The records:
+-------+

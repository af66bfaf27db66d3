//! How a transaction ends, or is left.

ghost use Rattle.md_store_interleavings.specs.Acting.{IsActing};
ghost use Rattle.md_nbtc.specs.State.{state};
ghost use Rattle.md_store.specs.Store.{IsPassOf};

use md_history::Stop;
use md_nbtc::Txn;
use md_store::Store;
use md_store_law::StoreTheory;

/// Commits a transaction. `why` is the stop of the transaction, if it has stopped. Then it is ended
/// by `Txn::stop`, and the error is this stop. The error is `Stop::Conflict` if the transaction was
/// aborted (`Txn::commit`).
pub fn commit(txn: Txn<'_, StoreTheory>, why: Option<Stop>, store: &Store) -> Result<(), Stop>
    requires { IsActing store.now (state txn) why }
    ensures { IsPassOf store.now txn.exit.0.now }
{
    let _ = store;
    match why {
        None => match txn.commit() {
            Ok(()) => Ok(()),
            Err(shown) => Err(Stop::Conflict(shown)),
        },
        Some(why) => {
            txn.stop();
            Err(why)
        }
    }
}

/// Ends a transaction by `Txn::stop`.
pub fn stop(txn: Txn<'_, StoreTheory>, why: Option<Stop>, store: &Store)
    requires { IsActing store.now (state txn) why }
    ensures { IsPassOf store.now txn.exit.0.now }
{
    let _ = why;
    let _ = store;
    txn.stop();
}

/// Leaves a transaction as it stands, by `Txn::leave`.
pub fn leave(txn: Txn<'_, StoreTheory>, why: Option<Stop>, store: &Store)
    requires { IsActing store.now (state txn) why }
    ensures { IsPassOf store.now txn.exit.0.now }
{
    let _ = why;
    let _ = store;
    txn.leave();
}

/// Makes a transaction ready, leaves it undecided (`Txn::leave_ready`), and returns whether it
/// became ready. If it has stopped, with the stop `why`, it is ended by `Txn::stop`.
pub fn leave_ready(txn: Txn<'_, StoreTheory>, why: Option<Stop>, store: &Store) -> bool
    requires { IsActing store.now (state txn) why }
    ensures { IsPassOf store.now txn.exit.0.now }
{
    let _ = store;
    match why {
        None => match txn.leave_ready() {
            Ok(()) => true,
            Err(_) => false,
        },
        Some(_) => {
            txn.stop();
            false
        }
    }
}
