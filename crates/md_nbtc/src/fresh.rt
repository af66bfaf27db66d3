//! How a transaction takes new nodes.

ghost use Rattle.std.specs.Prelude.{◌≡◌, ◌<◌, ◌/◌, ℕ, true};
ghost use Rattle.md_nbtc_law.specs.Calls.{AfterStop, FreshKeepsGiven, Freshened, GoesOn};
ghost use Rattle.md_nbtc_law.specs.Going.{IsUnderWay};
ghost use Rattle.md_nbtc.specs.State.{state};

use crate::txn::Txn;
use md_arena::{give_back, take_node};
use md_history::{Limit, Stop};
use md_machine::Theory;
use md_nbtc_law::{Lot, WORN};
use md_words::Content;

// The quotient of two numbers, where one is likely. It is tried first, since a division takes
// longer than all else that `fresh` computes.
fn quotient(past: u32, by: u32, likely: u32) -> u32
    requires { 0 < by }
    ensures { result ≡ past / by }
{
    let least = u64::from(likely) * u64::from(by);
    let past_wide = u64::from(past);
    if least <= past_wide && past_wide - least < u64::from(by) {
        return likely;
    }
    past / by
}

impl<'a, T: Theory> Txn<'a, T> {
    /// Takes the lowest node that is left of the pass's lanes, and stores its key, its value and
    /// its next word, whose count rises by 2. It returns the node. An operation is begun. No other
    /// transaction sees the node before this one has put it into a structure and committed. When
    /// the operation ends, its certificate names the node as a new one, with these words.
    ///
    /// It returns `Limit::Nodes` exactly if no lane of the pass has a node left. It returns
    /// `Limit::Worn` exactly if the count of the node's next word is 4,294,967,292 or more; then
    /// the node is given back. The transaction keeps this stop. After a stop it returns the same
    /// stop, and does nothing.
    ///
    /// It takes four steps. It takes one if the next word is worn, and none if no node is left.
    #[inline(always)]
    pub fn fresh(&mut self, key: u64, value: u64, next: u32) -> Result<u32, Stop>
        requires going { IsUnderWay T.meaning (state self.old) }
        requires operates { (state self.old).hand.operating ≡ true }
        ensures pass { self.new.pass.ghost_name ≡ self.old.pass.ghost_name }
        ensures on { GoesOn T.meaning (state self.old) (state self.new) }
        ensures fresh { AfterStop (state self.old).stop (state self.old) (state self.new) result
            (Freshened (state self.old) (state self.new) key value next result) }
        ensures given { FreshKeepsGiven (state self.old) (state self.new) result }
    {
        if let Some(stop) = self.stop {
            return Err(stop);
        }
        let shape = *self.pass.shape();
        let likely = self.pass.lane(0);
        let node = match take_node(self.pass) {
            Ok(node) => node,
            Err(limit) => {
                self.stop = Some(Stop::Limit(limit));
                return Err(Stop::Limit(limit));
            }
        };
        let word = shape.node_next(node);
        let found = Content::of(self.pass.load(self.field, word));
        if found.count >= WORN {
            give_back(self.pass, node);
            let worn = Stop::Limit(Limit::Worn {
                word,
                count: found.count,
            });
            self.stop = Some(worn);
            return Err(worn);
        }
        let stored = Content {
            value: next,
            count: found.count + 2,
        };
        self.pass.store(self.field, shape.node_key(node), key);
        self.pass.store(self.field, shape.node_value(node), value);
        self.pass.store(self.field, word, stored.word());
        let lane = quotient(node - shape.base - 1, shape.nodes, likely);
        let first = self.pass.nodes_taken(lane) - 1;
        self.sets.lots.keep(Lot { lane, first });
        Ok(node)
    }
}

+-------+

What you need to do: Taking the line with "(state self.old).hand.operating ≡" as the first and the line with "FreshKeepsGiven (state self.old)" as the last, retype that stretch of the data above exactly, with no other lines.

Reply:
        requires operates { (state self.old).hand.operating ≡ true }
        ensures pass { self.new.pass.ghost_name ≡ self.old.pass.ghost_name }
        ensures on { GoesOn T.meaning (state self.old) (state self.new) }
        ensures fresh { AfterStop (state self.old).stop (state self.old) (state self.new) result
            (Freshened (state self.old) (state self.new) key value next result) }
        ensures given { FreshKeepsGiven (state self.old) (state self.new) result }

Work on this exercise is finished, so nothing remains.